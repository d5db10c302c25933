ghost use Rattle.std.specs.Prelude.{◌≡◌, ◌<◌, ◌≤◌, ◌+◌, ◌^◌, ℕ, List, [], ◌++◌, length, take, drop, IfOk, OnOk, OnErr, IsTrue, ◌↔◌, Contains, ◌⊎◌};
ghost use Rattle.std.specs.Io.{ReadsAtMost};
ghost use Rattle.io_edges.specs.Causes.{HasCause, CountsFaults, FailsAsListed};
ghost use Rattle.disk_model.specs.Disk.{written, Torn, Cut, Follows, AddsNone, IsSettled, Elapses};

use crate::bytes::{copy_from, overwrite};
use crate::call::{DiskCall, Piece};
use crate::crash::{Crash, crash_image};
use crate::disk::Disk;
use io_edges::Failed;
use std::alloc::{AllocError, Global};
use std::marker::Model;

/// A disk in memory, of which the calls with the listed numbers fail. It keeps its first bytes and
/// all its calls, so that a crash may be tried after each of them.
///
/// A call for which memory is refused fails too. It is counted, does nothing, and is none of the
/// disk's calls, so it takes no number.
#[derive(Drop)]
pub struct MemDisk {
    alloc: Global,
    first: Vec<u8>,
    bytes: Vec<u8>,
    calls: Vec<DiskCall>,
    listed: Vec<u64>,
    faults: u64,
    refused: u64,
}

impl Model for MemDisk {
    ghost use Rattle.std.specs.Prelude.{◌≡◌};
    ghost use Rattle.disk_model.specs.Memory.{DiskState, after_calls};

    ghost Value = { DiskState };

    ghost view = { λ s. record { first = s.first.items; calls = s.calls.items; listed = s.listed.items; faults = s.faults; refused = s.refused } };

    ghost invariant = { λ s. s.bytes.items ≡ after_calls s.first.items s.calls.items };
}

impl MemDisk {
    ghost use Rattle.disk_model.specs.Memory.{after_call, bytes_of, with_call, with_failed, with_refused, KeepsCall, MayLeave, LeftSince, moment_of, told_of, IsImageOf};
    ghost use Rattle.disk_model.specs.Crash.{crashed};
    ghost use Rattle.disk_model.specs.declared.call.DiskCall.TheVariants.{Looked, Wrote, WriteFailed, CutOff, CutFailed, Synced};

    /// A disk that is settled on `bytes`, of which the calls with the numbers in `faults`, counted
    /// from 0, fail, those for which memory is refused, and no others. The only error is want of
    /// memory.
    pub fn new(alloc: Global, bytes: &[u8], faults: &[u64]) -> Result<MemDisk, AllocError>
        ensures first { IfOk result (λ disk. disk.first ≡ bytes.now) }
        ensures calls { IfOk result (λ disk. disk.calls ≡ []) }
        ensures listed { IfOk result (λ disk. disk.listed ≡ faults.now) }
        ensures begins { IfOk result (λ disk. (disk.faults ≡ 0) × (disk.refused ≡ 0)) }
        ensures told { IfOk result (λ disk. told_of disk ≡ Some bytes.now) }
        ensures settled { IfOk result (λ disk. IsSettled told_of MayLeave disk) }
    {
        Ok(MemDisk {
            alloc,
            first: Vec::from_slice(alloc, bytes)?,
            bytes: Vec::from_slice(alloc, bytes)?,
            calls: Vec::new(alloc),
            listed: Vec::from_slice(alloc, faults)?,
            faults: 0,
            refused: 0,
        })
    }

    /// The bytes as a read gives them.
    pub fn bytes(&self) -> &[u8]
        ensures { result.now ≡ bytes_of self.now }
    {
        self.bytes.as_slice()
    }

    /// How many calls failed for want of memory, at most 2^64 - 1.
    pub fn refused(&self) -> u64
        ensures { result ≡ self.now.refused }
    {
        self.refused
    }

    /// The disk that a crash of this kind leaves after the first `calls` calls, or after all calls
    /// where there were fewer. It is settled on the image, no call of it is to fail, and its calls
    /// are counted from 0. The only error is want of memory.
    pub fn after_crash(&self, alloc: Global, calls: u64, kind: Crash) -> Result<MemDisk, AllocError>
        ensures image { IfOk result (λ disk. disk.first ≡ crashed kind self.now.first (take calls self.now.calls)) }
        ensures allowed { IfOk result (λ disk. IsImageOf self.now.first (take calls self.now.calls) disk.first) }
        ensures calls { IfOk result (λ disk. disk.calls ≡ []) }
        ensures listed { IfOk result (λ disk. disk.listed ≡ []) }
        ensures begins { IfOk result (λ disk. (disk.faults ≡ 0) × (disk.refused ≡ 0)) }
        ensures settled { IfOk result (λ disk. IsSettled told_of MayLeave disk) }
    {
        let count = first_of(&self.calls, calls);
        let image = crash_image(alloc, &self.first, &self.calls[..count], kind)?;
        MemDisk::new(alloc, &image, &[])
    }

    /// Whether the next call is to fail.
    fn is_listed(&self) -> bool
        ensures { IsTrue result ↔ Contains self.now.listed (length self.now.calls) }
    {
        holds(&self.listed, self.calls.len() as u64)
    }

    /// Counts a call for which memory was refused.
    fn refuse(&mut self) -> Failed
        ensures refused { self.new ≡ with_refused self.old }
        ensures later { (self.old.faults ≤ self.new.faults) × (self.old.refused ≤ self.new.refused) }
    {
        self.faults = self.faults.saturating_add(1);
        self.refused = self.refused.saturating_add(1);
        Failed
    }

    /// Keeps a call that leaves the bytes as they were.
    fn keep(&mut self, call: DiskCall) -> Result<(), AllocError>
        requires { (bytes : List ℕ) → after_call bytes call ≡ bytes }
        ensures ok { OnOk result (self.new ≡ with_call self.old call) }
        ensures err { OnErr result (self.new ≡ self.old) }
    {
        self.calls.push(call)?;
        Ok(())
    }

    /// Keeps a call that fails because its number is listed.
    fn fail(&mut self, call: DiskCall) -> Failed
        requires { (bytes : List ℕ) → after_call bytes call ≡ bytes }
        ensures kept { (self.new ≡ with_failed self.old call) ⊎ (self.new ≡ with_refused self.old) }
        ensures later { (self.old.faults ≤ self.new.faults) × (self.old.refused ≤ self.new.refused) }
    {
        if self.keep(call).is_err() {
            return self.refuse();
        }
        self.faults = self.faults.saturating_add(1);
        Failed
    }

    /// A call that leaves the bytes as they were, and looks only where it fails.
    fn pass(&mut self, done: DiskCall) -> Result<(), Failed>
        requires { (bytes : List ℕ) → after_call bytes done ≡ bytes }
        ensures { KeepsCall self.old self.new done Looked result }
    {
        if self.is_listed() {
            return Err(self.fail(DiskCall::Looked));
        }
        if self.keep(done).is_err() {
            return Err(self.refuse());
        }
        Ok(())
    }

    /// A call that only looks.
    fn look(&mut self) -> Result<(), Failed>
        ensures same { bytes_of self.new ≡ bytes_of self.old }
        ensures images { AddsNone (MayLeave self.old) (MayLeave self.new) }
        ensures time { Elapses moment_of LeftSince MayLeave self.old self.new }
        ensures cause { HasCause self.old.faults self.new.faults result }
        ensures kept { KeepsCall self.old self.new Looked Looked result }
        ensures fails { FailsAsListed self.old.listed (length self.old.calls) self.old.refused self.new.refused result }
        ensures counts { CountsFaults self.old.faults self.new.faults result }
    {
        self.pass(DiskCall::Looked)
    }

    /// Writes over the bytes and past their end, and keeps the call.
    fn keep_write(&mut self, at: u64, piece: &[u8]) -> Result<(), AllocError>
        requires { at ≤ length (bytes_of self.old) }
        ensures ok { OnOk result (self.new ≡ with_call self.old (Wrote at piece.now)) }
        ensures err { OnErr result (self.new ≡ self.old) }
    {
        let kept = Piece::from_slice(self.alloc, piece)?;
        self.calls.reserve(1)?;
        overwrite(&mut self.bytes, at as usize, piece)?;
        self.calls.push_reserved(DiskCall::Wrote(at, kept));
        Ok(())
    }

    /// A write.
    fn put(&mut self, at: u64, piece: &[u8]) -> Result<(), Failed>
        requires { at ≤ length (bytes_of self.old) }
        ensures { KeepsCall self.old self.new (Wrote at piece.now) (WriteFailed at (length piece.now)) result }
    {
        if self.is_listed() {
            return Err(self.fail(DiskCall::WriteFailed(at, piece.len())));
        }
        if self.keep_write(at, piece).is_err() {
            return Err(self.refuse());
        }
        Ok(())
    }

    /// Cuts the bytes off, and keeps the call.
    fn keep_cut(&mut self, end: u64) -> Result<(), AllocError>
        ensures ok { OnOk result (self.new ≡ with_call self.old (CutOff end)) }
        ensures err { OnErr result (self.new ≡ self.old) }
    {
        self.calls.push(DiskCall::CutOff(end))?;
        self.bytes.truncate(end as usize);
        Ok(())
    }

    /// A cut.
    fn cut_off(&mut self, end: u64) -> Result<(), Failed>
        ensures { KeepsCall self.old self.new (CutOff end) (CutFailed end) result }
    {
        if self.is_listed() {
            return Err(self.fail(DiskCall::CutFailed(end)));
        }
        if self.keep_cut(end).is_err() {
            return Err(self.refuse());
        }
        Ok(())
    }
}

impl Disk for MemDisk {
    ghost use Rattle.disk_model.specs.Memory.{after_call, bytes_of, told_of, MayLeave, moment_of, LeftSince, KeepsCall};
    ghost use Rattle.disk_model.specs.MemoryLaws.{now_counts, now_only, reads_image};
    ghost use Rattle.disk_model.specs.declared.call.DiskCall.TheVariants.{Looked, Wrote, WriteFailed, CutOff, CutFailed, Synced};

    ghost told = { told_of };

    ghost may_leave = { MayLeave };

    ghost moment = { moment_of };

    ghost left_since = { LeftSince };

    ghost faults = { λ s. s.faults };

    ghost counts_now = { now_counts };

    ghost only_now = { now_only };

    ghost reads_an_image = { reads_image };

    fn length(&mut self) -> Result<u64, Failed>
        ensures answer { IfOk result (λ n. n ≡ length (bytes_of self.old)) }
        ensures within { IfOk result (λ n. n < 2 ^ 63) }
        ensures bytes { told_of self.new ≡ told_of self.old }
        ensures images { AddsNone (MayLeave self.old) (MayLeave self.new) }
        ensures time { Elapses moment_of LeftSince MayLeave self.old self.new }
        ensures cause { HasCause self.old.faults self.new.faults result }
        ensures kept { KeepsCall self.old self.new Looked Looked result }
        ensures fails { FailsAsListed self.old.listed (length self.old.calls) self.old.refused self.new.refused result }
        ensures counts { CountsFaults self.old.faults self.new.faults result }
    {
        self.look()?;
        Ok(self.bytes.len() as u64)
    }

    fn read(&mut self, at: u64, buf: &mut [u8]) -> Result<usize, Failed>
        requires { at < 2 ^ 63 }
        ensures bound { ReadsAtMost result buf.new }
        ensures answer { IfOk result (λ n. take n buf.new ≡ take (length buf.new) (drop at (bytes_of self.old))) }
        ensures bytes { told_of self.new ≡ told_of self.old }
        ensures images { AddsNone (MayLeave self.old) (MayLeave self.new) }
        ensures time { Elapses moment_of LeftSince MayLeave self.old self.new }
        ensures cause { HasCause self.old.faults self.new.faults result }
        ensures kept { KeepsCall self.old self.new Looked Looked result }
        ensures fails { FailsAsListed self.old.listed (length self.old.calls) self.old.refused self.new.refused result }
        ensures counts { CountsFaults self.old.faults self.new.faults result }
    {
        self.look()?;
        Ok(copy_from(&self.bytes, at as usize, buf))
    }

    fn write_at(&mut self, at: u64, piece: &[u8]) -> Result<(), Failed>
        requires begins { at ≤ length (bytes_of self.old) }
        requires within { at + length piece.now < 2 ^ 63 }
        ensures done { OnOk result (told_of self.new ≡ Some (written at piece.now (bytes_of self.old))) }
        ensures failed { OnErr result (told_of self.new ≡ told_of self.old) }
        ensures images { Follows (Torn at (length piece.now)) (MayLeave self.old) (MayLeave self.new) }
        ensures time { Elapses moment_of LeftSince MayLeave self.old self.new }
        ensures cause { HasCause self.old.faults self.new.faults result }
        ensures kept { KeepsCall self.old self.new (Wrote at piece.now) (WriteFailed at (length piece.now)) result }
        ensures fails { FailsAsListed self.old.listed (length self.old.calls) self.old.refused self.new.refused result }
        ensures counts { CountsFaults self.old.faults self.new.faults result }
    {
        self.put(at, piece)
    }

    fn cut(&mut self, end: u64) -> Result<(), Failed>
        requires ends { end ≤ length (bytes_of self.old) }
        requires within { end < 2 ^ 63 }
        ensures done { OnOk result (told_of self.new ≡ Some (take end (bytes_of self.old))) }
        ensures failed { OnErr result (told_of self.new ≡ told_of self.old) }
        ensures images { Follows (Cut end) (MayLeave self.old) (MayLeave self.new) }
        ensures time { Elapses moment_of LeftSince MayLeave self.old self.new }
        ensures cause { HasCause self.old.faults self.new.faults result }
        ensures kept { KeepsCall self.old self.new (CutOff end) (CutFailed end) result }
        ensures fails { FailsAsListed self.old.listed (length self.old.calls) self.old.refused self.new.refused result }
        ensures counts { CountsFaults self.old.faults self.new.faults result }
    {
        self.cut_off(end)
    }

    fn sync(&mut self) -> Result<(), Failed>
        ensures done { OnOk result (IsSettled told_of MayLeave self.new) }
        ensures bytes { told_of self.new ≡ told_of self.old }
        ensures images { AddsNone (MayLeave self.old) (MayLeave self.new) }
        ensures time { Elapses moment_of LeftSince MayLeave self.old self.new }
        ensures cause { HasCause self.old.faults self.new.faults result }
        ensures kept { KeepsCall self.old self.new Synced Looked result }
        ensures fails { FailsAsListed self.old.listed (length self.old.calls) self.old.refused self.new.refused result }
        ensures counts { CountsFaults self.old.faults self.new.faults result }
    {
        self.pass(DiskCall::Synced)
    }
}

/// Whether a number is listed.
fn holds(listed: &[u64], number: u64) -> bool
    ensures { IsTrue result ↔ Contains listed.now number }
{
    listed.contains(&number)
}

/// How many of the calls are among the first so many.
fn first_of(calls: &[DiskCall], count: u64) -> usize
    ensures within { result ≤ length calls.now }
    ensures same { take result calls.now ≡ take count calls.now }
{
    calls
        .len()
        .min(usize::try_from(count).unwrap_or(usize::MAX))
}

### Work required
Pull every line containing "them" out of the data above.

### Expected answer
/// all its calls, so that a crash may be tried after each of them.
    /// The bytes as a read gives them.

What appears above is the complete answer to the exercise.